The Bill in its current incarnation would—I paraphrase from the policy equality statement produced by the Home Office in June 2018—place limits on the use and availability of these ceremonial kirpans that can be found in virtually all Sikh households. The current language would expose Sikhs who have kept kirpans at home for years to prison sentences of up to a year for doing nothing other than following one of the key tenets of our faith and the Sikh way of life. There are strict rules about the carrying and use of the kirpan. It is strictly ceremonial and must never be used in an aggressive, confrontational or offensive manner. These rules are respected and understood by the Sikh community.

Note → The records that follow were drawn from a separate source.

//! UniqueInputFieldNames (section 5.6.3 of the Specification).

ghost use Rattle.std.specs.Prelude.{◌≡◌, IfOk, OnOk, map, option_map};
ghost use Rattle.std.specs.List.{flat_map};
ghost use Rattle.graphql_spec.specs.Documents.{written};
ghost use Rattle.juniper_syntax.specs.Positions.{view_spanning};
ghost use Rattle.juniper_syntax.specs.DocumentView.{view_arguments, view_variable};
ghost use Rattle.juniper_syntax.specs.InputView.{view_fields, view_input, view_items};
ghost use Rattle.juniper_written.specs.WrittenView.{view_list};
ghost use Rattle.juniper_explain.specs.Adding.{Adds};
ghost use Rattle.juniper_explain.specs.Nodes.{repeated_fields, repeated_in_default, repeated_in_items, repeated_in_values, repeated_within};
ghost use Rattle.juniper_explain.specs.Words.{field_words, view_words};

use crate::explanation::{Explanation, Wording};
use crate::repeats::explain_repeated;
use crate::rule::Rule;
use juniper_syntax::ast::Arguments;
use juniper_syntax::{DefinedVariable, InputField, InputValue, ScalarValue, Span, Spanning};
use std::alloc::{AllocError, Global};

/// What is said of a field's name.
const REPEATED_FIELD: Wording<'static> = Wording {
    rule: Rule::UniqueInputFieldNames,
    before: "Input field name `",
    after: "` is not unique",
};

/// Explains the fields of objects in arguments, at any depth, that have the name of an earlier one of their object.
pub(crate) fn explain_in_arguments<'d, 'a, S: ScalarValue>(
    alloc: Global,
    lists: &Vec<&'d Option<Spanning<Arguments<'a, S>, Span>>>,
    explanations: &mut Vec<Explanation>,
) -> Result<(), AllocError>
    ensures { OnOk result (Adds explanations.old.items explanations.new.items
        (flat_map (flat_map (λ a. repeated_within a.value.item)) (view_list S.shown lists.now.items))) }
{
    for index in 0..lists.len() {
        let given = lists[index];
        explain_in_given(alloc, given, explanations)?;
    }
    Ok(())
}

/// Explains those in the arguments of one field or directive.
fn explain_in_given<'a, S: ScalarValue>(
    alloc: Global,
    given: &Option<Spanning<Arguments<'a, S>, Span>>,
    explanations: &mut Vec<Explanation>,
) -> Result<(), AllocError>
    ensures { OnOk result (Adds explanations.old.items explanations.new.items
        (flat_map (λ a. repeated_within a.value.item) (written (view_arguments S.shown given.now)))) }
{
    match given {
        Some(arguments) => {
            for argument in &arguments.item.items {
                explain_in_value(alloc, &argument.1.item, explanations)?;
            }
            Ok(())
        }
        None => Ok(()),
    }
}

/// Explains those in the defaults of variables.
pub(crate) fn explain_in_defaults<S: ScalarValue>(
    alloc: Global,
    variables: &[DefinedVariable<'_, S>],
    explanations: &mut Vec<Explanation>,
) -> Result<(), AllocError>
    ensures { OnOk result (Adds explanations.old.items explanations.new.items
        (flat_map (λ v. repeated_in_default v.default) (map (view_variable S.shown) variables.now))) }
{
    for variable in variables {
        explain_in_default(alloc, &variable.1.default_value, explanations)?;
    }
    Ok(())
}

/// Explains those in a default, where there is one.
fn explain_in_default<S: ScalarValue>(
    alloc: Global,
    default: &Option<Spanning<InputValue<S>, Span>>,
    explanations: &mut Vec<Explanation>,
) -> Result<(), AllocError>
    ensures { OnOk result (Adds explanations.old.items explanations.new.items
        (repeated_in_default (option_map (view_spanning (view_input S.shown)) default.now))) }
{
    match default {
        Some(value) => explain_in_value(alloc, &value.item, explanations),
        None => Ok(()),
    }
}

/// Explains those in a value.
#[cycle(repeating)]
fn explain_in_value<S: ScalarValue>(
    alloc: Global,
    value: &InputValue<S>,
    explanations: &mut Vec<Explanation>,
) -> Result<(), AllocError>
    ensures { OnOk result (Adds explanations.old.items explanations.new.items (repeated_within (view_input S.shown value.now))) }
{
    match value {
        InputValue::Null => Ok(()),
        InputValue::Scalar(_) => Ok(()),
        InputValue::Enum(_) => Ok(()),
        InputValue::Variable(_) => Ok(()),
        InputValue::List(items) => {
            explain_in_items(alloc, items.as_slice(), explanations)?;
            Ok(())
        }
        InputValue::Object(fields) => {
            let inside = fields.as_slice();
            explain_names(alloc, inside, explanations)?;
            explain_in_fields(alloc, inside, explanations)?;
            Ok(())
        }
    }
}

/// Explains those in the items of a list.
#[cycle(repeating)]
fn explain_in_items<S: ScalarValue>(
    alloc: Global,
    items: &[Spanning<InputValue<S>, Span>],
    explanations: &mut Vec<Explanation>,
) -> Result<(), AllocError>
    ensures { OnOk result (Adds explanations.old.items explanations.new.items (repeated_in_items (view_items S.shown items.now))) }
{
    for item in items {
        explain_in_value(alloc, &item.item, explanations)?;
    }
    Ok(())
}

/// Explains those in the values of an object's fields.
#[cycle(repeating)]
fn explain_in_fields<S: ScalarValue>(
    alloc: Global,
    fields: &[InputField<S>],
    explanations: &mut Vec<Explanation>,
) -> Result<(), AllocError>
    ensures { OnOk result (Adds explanations.old.items explanations.new.items (repeated_in_values (view_fields S.shown fields.now))) }
{
    for field in fields {
        explain_in_value(alloc, &field.1.item, explanations)?;
    }
    Ok(())
}

/// Explains the fields of an object that have the name of an earlier one.
#[tactic(auto, unfolding(crate::specs::Nodes::repeated_fields))]
fn explain_names<S: ScalarValue>(
    alloc: Global,
    fields: &[InputField<S>],
    explanations: &mut Vec<Explanation>,
) -> Result<(), AllocError>
    ensures { OnOk result (Adds explanations.old.items explanations.new.items (repeated_fields (view_fields S.shown fields.now))) }
{
    let words = words_of_fields(alloc, fields)?;
    explain_repeated(alloc, &words, &REPEATED_FIELD, explanations)
}

/// The names of an object's fields.
fn words_of_fields<'f, S: ScalarValue>(
    alloc: Global,
    fields: &'f [InputField<S>],
) -> Result<Vec<Spanning<&'f str, Span>>, AllocError>
    ensures { IfOk result (λ ws. view_words ws.items ≡ field_words (view_fields S.shown fields.now)) }
{
    let mut words = Vec::new(alloc);
    for field in fields {
        words.push(Spanning::new(field.0.span, field.0.item.as_str()))?;
    }
    Ok(words)
}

Our amendment sought to amend the Bill to allow the use of ceremonial kirpans as they have been used, with no threat to public safety or public order, up until now. The Government’s amendment does nothing other than to maintain the status quo. I am pleased to support it, alongside the understanding that there will be an accompanying set of documentation that explicitly mentions the kirpan and therefore reflects the importance of not criminalising the Sikh community for the sale or possession of large kirpans.
I want to focus on new clause 6 as well. Although we all know how falling police numbers are impacting on crime in our communities, we also need to look at other things, including cuts to children’s services. I have heard directly from parents who are most affected by social workers no longer having the time to build proper relationships with families, or not having had the right training so they do not recognise when a child is being groomed by criminals in a gang and instead blame the family and criminalise the child.

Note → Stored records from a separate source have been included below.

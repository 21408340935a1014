//! ProvidedNonNullArguments (section 5.4.2.1 of the Specification).

ghost use Rattle.std.specs.Prelude.{◌≡◌, ◌++◌, IfOk, OnOk, codes, string_bytes};
ghost use Rattle.std.specs.List.{flat_map};
ghost use Rattle.graphql_spec.specs.Types.{type_text};
ghost use Rattle.juniper_meta.specs.MetaView.{view_argument, view_type};
ghost use Rattle.juniper_explain.specs.Adding.{Adds};
ghost use Rattle.juniper_explain.specs.Nodes.{missing_argument, missing_arguments};
ghost use Rattle.juniper_explain.specs.SitesView.{owner_text, view_site, view_sites};

use crate::explanation::{Explanation, add};
use crate::rule::Rule;
use crate::sites::{Owner, Site};
use juniper_meta::meta::Argument;
use juniper_syntax::{ScalarValue, Type};
use juniper_type_rules::is_left_out;
use std::alloc::{AllocError, Global};

/// Explains the non-null arguments without default that are not given.
pub(crate) fn explain_missing_arguments<'d, 'a, S: ScalarValue>(
    alloc: Global,
    sites: &[Site<'d, 'a, S>],
    explanations: &mut Vec<Explanation>,
) -> Result<(), AllocError>
    ensures { OnOk result (Adds explanations.old.items explanations.new.items (missing_arguments (view_sites S.shown sites.now))) }
{
    for site in sites {
        explain_missing_at(alloc, site, explanations)?;
    }
    Ok(())
}

/// Explains those of a field or directive.
fn explain_missing_at<'d, 'a, S: ScalarValue>(
    alloc: Global,
    site: &Site<'d, 'a, S>,
    explanations: &mut Vec<Explanation>,
) -> Result<(), AllocError>
    ensures { OnOk result (Adds explanations.old.items explanations.new.items
        (flat_map (missing_argument (view_site S.shown site.now)) (view_site S.shown site.now).declared)) }
{
    for argument in site.declared {
        explain_missing_argument(alloc, site, argument, explanations)?;
    }
    Ok(())
}

/// Explains an argument that must be written, and is not given.
#[tactic(auto, unfolding(crate::specs::Nodes::missing_argument, crate::specs::Explanations::found))]
fn explain_missing_argument<'d, 'a, S: ScalarValue>(
    alloc: Global,
    site: &Site<'d, 'a, S>,
    argument: &Argument<S>,
    explanations: &mut Vec<Explanation>,
) -> Result<(), AllocError>
    ensures { OnOk result (Adds explanations.old.items explanations.new.items
        (missing_argument (view_site S.shown site.now) (view_argument S.shown argument.now))) }
{
    if !is_left_out(argument, site.given) {
        return Ok(());
    }
    let message = missing_text(
        alloc,
        argument.name.as_str(),
        &site.owner,
        &argument.arg_type,
    )?;
    add(
        explanations,
        Rule::ProvidedNonNullArguments,
        site.location,
        message,
    )
}

/// What is said of such an argument.
fn missing_text(
    alloc: Global,
    name: &str,
    owner: &Owner<'_>,
    reference: &Type<String>,
) -> Result<String, AllocError>
    ensures { IfOk result (λ t. string_bytes t ≡ codes "Argument `" ++ (name.now ++ (codes "` of `" ++ (owner_text owner.now
        ++ (codes "` is missing; it is `" ++ (type_text (view_type reference.now) ++ codes "`")))))) }
{
    format!(in alloc; "Argument `{name}` of `{owner}` is missing; it is `{reference}`")
}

I am happy to see that this issue is being dealt with through training, as recognised in the new protocol against criminalising children this month. However, I am concerned, yet again, about whether any additional resources will be available to fund the big programme of training we desperately need and to monitor its implementation. The fact is that when public services are underfunded, that makes it easier for the county lines gangs to exploit local children, and that exploitation breeds violence. I seek further measures that would ensure that the police and courts focus on the true perpetrators of county lines violence—those who control the gangs and reap the profits. The Minister talked about the reported arrest of 500 groomed children or young adults, but, with all due respect, that will not change the nature of the county lines infiltration into our communities. Only by arresting the groomers—those who are reaping the massive financial rewards at the top of the tree—will the game be changed.

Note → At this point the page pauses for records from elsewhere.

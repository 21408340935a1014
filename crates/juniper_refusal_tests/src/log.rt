//! A log, and the steps that write in it.

ghost use Rattle.std.specs.Prelude.{◌≡◌, [], ◌∷◌, ◌++◌, MatchResult, codes, string_bytes};
ghost use Rattle.juniper_values.specs.ResolvedView.{Answers};
ghost use Rattle.juniper_types.specs.Stepping.{Leaves};
ghost use Rattle.juniper_refusal_tests.specs.Logs.{after_step, query_reply, step_reply, torn, with_entry};

use juniper::{Context, ResolveError, Resolved, ScalarValue};
use std::alloc::{AllocError, Global};
use std::marker::Model;

/// An entry.
#[derive(Drop)]
pub struct Entry {
    text: String,
}

impl Model for Entry {
    ghost use Rattle.std.specs.Prelude.{string_bytes};
    ghost use Rattle.graphql_spec.specs.Shown.{Text};

    ghost Value = { Text };

    ghost view = { λ e. string_bytes e.text };
}

impl Entry {
    /// The entry of this text.
    pub fn new(text: String) -> Self
        ensures { result ≡ string_bytes text }
    {
        Entry { text }
    }

    /// Its text.
    pub fn text(&self) -> &str
        ensures { result.now ≡ self.now }
    {
        self.text.as_str()
    }
}

/// A log: its entries, in order.
#[derive(Drop)]
pub struct Log {
    entries: Vec<Entry>,
}

impl Model for Log {
    ghost use Rattle.juniper_refusal_tests.specs.Logs.{Entries};

    ghost Value = { Entries };

    ghost view = { λ l. record { entries = l.entries.items } };
}

impl Context for Log {}

impl Log {
    /// No entries.
    pub fn empty(alloc: Global) -> Self
        ensures { result ≡ record { entries = [] } }
    {
        Log {
            entries: Vec::new(alloc),
        }
    }

    /// The entries.
    pub fn entries(&self) -> &[Entry]
        ensures { result.now ≡ self.now.entries }
    {
        self.entries.as_slice()
    }

    /// Adds an entry behind the others. Where memory is refused nothing changes.
    pub fn add(&mut self, entry: Entry) -> Result<(), AllocError>
        ensures { MatchResult result (λ _. self.new ≡ record { entries = self.old.entries ++ entry ∷ [] }) (λ _. self.new ≡ self.old) }
    {
        self.entries.push(entry)?;
        Ok(())
    }

    /// Writes an entry of this text behind the others, with room for more text: it takes a block so large that many turns end for want of it.
    /// Where memory is refused nothing changes.
    pub fn write(&mut self, alloc: Global, text: &str) -> Result<(), AllocError>
        ensures { MatchResult result (λ _. self.new ≡ with_entry self.old text.now) (λ _. self.new ≡ self.old) }
    {
        let mut own = String::with_capacity(alloc, 3_000)?;
        own.push_str(text)?;
        self.add(Entry::new(own))
    }
}

/// The step of a root field of the mutation. Where memory is wanting none of the two entries may be there, or the first alone.
pub fn take_step<S: ScalarValue>(
    alloc: Global,
    field_name: &str,
    log: &mut Log,
) -> Result<Resolved<(), S>, ResolveError<S>>
    ensures answer { Answers S.shown result (step_reply field_name.now) }
    ensures context { Leaves (after_step log.old field_name.now) (torn log.old) result log.new }
{
    match field_name {
        "note" => note(alloc, log),
        "lost" => lost(alloc, log),
        _ => Ok(Resolved::Null),
    }
}

/// Two entries, one behind the other.
#[tactic(auto, using(crate::proofs::Torn::torn_none, crate::proofs::Torn::torn_first))]
fn note<S: ScalarValue>(alloc: Global, log: &mut Log) -> Result<Resolved<(), S>, ResolveError<S>>
    ensures answer { Answers S.shown result (step_reply (codes "note")) }
    ensures context { Leaves (after_step log.old (codes "note")) (torn log.old) result log.new }
{
    match log.write(
        alloc,
        "A step has begun, and this is the first of its two entries",
    ) {
        Err(_) => Err(ResolveError::Memory),
        Ok(()) => match log.write(
            alloc,
            "The step is done, and this is the second of its two entries",
        ) {
            Err(_) => Err(ResolveError::Memory),
            Ok(()) => Ok(Resolved::Scalar(S::from_int(1))),
        },
    }
}

/// The first entry, behind which memory is wanting.
#[tactic(auto, using(crate::proofs::Torn::torn_none, crate::proofs::Torn::torn_first))]
fn lost<S: ScalarValue>(alloc: Global, log: &mut Log) -> Result<Resolved<(), S>, ResolveError<S>>
    ensures answer { Answers S.shown result (step_reply (codes "lost")) }
    ensures context { Leaves (after_step log.old (codes "lost")) (torn log.old) result log.new }
{
    match log.write(
        alloc,
        "A step has begun, and this is the first of its two entries",
    ) {
        Ok(()) => Err(ResolveError::Memory),
        Err(_) => Err(ResolveError::Memory),
    }
}

/// What a field of the query answers. For `memory` there never is any.
pub fn resolve<S: ScalarValue>(
    alloc: Global,
    field_name: &str,
) -> Result<Resolved<(), S>, ResolveError<S>>
    ensures { Answers S.shown result (query_reply field_name.now) }
{
    match field_name {
        "id" => Ok(Resolved::Scalar(S::from_text(String::from_str(alloc, "q1")?)?)),
        "memory" => Err(ResolveError::Memory),
        _ => Ok(Resolved::Null),
    }
}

We need to support youth workers who prevent grooming and violence by working with children of all ages, all year round. We need training for every professional who works with young people, from the police to social workers to teachers, so that they understand the threat of gang grooming and the tactics that groomers use. We need a third-party reporting system that young people will actually use; they will not do so at the moment because they believe that the police can get information without anyone being put in danger. We have to make public authorities responsible for protecting people who are at risk because they have done the bravest of things and given information to the authorities. We need to support them and their families with a path to a secure future. We need to take stronger action against incitement online. We need to support communities after the trauma of a young death.
This Bill is a start, but it ain’t the panacea that my community so desperately needs. We need further legislation from this Government to tackle the real issues that are afflicting our communities.